Lehmann Maupin is pleased to present Balance Fountain, New York-based multidisciplinary artist Nari Ward's first solo exhibition in London. The exhibition precedes a major European museum exhibition to be announced in the coming months. Adopting a distinctly spiritual approach, _Balance Fountai_n probes the unseen forces that shape both unique cultures and global society, exposing ritual as a structural artistic device. The presentation features a series of new copper panel works, a selection of sculptures, and a large-scale floor installation, each composed of objects adjacent to ceremonial practice or devotional behaviour.
Ward is best known for his wall- and installation-based sculptural works created from materials frequently found and collected throughout Harlem, his longtime neighbourhood. The artist combines these materials to re-contextualise their original meanings, creating assemblage works that confront complex social and political realities (often surrounding race, migration, democracy, and community) through literal and metaphorical juxtaposition. Materially specific but intentionally ambiguous in their signification, Ward's works encourage the viewer to explore many possible interpretations.
Installed in the centre of the gallery are two sculptures, whose individual construction and mutual interaction explore the restorative possibilities of communal gathering. Balance Fountain (2013—2014) recalls a wheelbarrow overflowing with mysterious cargo. Strands of silver shade cloth, enormous golden mango seeds, and long metal window balances exceed the confines of an antique barrel. Freed from performing their crucial mechanical function, Ward's window balances suggest an array of metaphorical resonances. If a window is used to see, then a window balance is a purveyor of vision. Essential to this operation is a typically hidden cross-shaped spring that allows windows to be raised or lowered with ease. In Balance Fountain, these crosses proliferate to create a spray of delicate crucifixes extending from a base of luminous seeds. In both title and material, Balance Fountain is a meditation on equilibrium, potentiality, and the promise of insight if only you can strike the right balance.

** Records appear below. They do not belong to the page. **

//! The grammar of a trace's lines: its first line names the place, each further one a record.

ghost use Rattle.std.specs.Prelude.{◌≡◌, IfSome};
ghost use Rattle.meet_run.specs.Tracing.TraceSpelling.{FitsRecord, FitsHead};
ghost use Rattle.meet_run.specs.Tracing.TraceGrammar.{ticket_of, side_of, cause_of, bare_deed_of, marked_deed_of};
ghost use Rattle.meet_run.specs.Tracing.TraceGrammar.{worded_deed_of, paired_deed_of, deed_with, deed_of, deed_behind};
ghost use Rattle.meet_run.specs.Tracing.TraceGrammar.{record_behind, record_in, record_of, kind_at_end, kind_in};
ghost use Rattle.meet_run.specs.Tracing.TraceGrammar.{head_in};
ghost use Rattle.meet_run.specs.Tracing.TraceGrammar.{head_of};

use crate::text::grammar::{may_have_bound, read_option, read_order, read_seat};
use crate::text::reading::LONGEST_LINE;
use crate::text::words::{behind_prefix, read_number, split_word};
use meet_tickets::{Cause, Deed, Kind, MOST_KEPT, Order, Record, SeatNo, Side, Ticket};

/// Returns the ticket of a word.
#[tactic(auto, unfolding(crate::specs::Tracing::TraceGrammar::ticket_of, crate::specs::Tracing::TraceGrammar::ticket_in))]
pub fn read_ticket(word: &[u8]) -> Option<Ticket>
    ensures { result ≡ ticket_of word.now }
{
    let number = read_number(word)?;
    Ticket::new(number)
}

/// A side by its word.
#[tactic(auto, unfolding(crate::specs::Tracing::TraceGrammar::side_of))]
pub(crate) fn read_side(word: &[u8]) -> Option<Side>
    ensures { result ≡ side_of word.now }
{
    if word == b"give".as_slice() {
        Some(Side::Giver)
    } else if word == b"take".as_slice() {
        Some(Side::Taker)
    } else {
        None
    }
}

/// Why a ticket was withdrawn, by its word.
#[tactic(auto, unfolding(crate::specs::Tracing::TraceGrammar::cause_of))]
fn read_cause(word: &[u8]) -> Option<Cause>
    ensures { result ≡ cause_of word.now }
{
    if word == b"cancelled".as_slice() {
        Some(Cause::Cancelled)
    } else if word == b"expired".as_slice() {
        Some(Cause::Expired)
    } else if word == b"interrupted".as_slice() {
        Some(Cause::Interrupted)
    } else {
        None
    }
}

/// The deed of a word that stands alone.
#[tactic(auto, unfolding(crate::specs::Tracing::TraceGrammar::bare_deed_of))]
fn bare_deed(word: &[u8]) -> Option<Deed>
    ensures { result ≡ bare_deed_of word.now }
{
    if word == b"take-waits".as_slice() {
        Some(Deed::TakeWaits)
    } else if word == b"take-fails".as_slice() {
        Some(Deed::TakeFails)
    } else if word == b"done".as_slice() {
        Some(Deed::Done)
    } else {
        None
    }
}

/// The deed of a word with a mark behind it.
#[tactic(auto, unfolding(crate::specs::Tracing::TraceGrammar::marked_deed_of))]
fn marked_deed(word: &[u8], mark: u64) -> Option<Deed>
    ensures { result ≡ marked_deed_of word.now mark }
{
    if word == b"give-waits".as_slice() {
        Some(Deed::GiveWaits(mark))
    } else if word == b"give-fails".as_slice() {
        Some(Deed::GiveFails(mark))
    } else if word == b"give-kept".as_slice() {
        Some(Deed::GiveKept(mark))
    } else {
        None
    }
}

/// The deed of a word with one word behind it: a side, a cause, a seat or a mark.
#[tactic(auto, unfolding(crate::specs::Tracing::TraceGrammar::worded_deed_of))]
fn read_worded_deed(word: &[u8], value: &[u8]) -> Option<Deed>
    ensures { result ≡ worded_deed_of word.now value.now }
{
    if word == b"entry-interrupted".as_slice() {
        let side = read_side(value)?;
        Some(Deed::EntryInterrupted(side))
    } else if word == b"withdrawn".as_slice() {
        let cause = read_cause(value)?;
        Some(Deed::Withdrawn(cause))
    } else if word == b"interrupt".as_slice() {
        let target = read_seat(value)?;
        Some(Deed::Interrupt(target))
    } else {
        let mark = read_number(value)?;
        marked_deed(word, mark)
    }
}

/// The deed of a word with a mark and a partner's ticket behind it.
#[tactic(auto, unfolding(crate::specs::Tracing::TraceGrammar::paired_deed_of))]
fn paired_deed(word: &[u8], mark: u64, partner: Ticket) -> Option<Deed>
    ensures { result ≡ paired_deed_of word.now mark partner }
{
    if word == b"give-meets".as_slice() {
        Some(Deed::GiveMeets(mark, partner))
    } else if word == b"take-meets".as_slice() {
        Some(Deed::TakeMeets(mark, partner))
    } else if word == b"got".as_slice() {
        Some(Deed::Got(mark, partner))
    } else {
        None
    }
}

/// The deed of a word, the word behind it, and the rest of the line: nothing, or a space and a ticket.
#[tactic(auto, unfolding(crate::specs::Tracing::TraceGrammar::deed_with))]
fn read_deed_with(word: &[u8], value: &[u8], rest: &[u8]) -> Option<Deed>
    ensures { result ≡ deed_with word.now value.now rest.now }
{
    match rest {
        [] => read_worded_deed(word, value),
        [_, text @ ..] => {
            let mark = read_number(value)?;
            let partner = read_ticket(text)?;
            paired_deed(word, mark, partner)
        }
    }
}

/// The deed of a word and the rest of its line.
#[tactic(auto, unfolding(crate::specs::Tracing::TraceGrammar::deed_of))]
fn read_deed(word: &[u8], rest: &[u8]) -> Option<Deed>
    ensures { result ≡ deed_of word.now rest.now }
{
    match rest {
        [] => bare_deed(word),
        [_, text @ ..] => {
            let (value, rest) = split_word(text);
            read_deed_with(word, value, rest)
        }
    }
}

/// The deed behind a ticket.
#[tactic(auto, unfolding(crate::specs::Tracing::TraceGrammar::deed_behind))]
fn read_deed_behind(rest: &[u8]) -> Option<Deed>
    ensures { result ≡ deed_behind rest.now }
{
    match rest {
        [] => None,
        [_, text @ ..] => {
            let (word, rest) = split_word(text);
            read_deed(word, rest)
        }
    }
}

/// The record of a seat, by what stands behind the seat.
#[tactic(auto, unfolding(crate::specs::Tracing::TraceGrammar::record_behind))]
fn read_record_behind(seat: SeatNo, rest: &[u8]) -> Option<Record<Deed>>
    ensures { result ≡ record_behind seat rest.now }
{
    match rest {
        [] => None,
        [_, text @ ..] => {
            let (word, rest) = split_word(text);
            let ticket = read_ticket(word)?;
            let deed = read_deed_behind(rest)?;
            Some(Record { seat, ticket, deed })
        }
    }
}

/// The record of a line, however long.
#[tactic(auto, unfolding(crate::specs::Tracing::TraceGrammar::record_in))]
fn read_any_record(line: &[u8]) -> Option<Record<Deed>>
    ensures { result ≡ record_in line.now }
{
    let (word, rest) = split_word(line);
    let seat = read_seat(word)?;
    read_record_behind(seat, rest)
}

/// Returns the record of a line of a trace, or None if the line is at fault.
#[tactic(auto, unfolding(crate::specs::Tracing::TraceGrammar::record_of))]
pub fn read_record(line: &[u8]) -> Option<Record<Deed>>
    ensures read { result ≡ record_of line.now }
    ensures fits { IfSome result FitsRecord }
{
    if line.len() > LONGEST_LINE {
        return None;
    }
    read_any_record(line)
}

/// The kind of a place, where nothing is left of the line, and the place may have that bound.
#[tactic(auto, unfolding(crate::specs::Tracing::TraceGrammar::kind_at_end))]
fn finish_kind(order: Order, bound: Option<u64>, rest: &[u8]) -> Option<Kind>
    ensures { result ≡ kind_at_end order bound rest.now }
{
    if !rest.is_empty() || !may_have_bound(order, bound) {
        return None;
    }
    Some(Kind { order, bound })
}

/// Returns a kind of place: its word, and its bound if it is spelled out.
#[tactic(auto, unfolding(crate::specs::Tracing::TraceGrammar::kind_in))]
pub fn read_kind(text: &[u8]) -> Option<Kind>
    ensures { result ≡ kind_in text.now }
{
    let (word, rest) = split_word(text);
    let order = read_order(word)?;
    let (bound, rest) = read_option(b" bound ", MOST_KEPT, rest)?;
    finish_kind(order, bound, rest)
}

/// The kind of place that a trace's first line names, however long.
#[tactic(auto, unfolding(crate::specs::Tracing::TraceGrammar::head_in))]
fn read_long_head(line: &[u8]) -> Option<Kind>
    ensures { result ≡ head_in line.now }
{
    let text = behind_prefix(b"trace 1 ", line)?;
    read_kind(text)
}

/// The kind of place of a trace's first line, or none where the line is at fault.
#[tactic(auto, unfolding(crate::specs::Tracing::TraceGrammar::head_of))]
pub(crate) fn read_head(line: &[u8]) -> Option<Kind>
    ensures read { result ≡ head_of line.now }
    ensures fits { IfSome result FitsHead }
{
    if line.len() > LONGEST_LINE {
        return None;
    }
    read_long_head(line)
}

Balance Fountain sits atop a new floor installation titled _Groundin' Visible _(2023), which is composed of bricks overlaid with a sheet of copper. Ward has long been drawn to copper as an artistic medium for both its energetic properties and its many cultural associations with medicine and healing. In Groundin' Visible, the copper surface is imprinted with the indexical traces of sundry objects. The delicate outlines of prayer beads and rosaries appear alongside the visually resonant yet significantly opposing symbols of the Union Jack and the Congolese Cosmogram. Ward also includes the imprints of eight fan blades, which hold dual resonance in Groundin' Visible as a practical appliance and as a metaphor for the invisible movement of the Spirit. Recalling this animation, Groundin' Visible is conceived as a pedestal for hosting other activity. Several performances will take place during the run of the exhibition, where participants will engage Balance Fountain and Groundin' Visible in a ceremonial manner that explores communal introspection.
In Prayers Series; Circuit (2023), Ward considers the significance and omnipresence of prayer across global religions. Praying is an act of devotion that communes the individual with the divine, often through the use of sacred objects that materially structure a spiritual connection. The tactility of these exercises that connect the physical to the spiritual is of great interest to Ward, whose new series deploys prayer beads and hands as a central motif. Each panel in Prayers Series features the ghostly traces of prayer beads, their impression left on the copper surface through the application of a darkening patina. The unbroken loop of the beads is crisply visible. Describing this loop and also the conductive properties of copper metal, the titular word Circuit gestures towards both visible and invisible manifestations of connective energy and repetitive labor.
Echoing the interplay between Balance Fountain and Groundin' Visible, Ward's Empire (2023) is also composed of new and found art objects. The sculptural installation comprises a decorative glass cabinet painted black with indelible ink and filled with an assortment of unusual black globes. These globes are tufted in balls of cotton dipped in sugar and singed with fire. Their scorched topographies reference the most notorious crops that powered the economies of the American South. A dark twist on the western museological phenomenon of the cabinet of curiosities, Empire gestures towards slavery and colonialism as invisible forces used to violently re-structure societies, often in concert with religious proselytisation. Here and elsewhere in the exhibition, Ward employs assemblage to deconstruct the often invisible yet intertwined religious, political, and cultural structures that charge humble objects with extraordinary significance.
Press release courtesy Lehmann Maupin.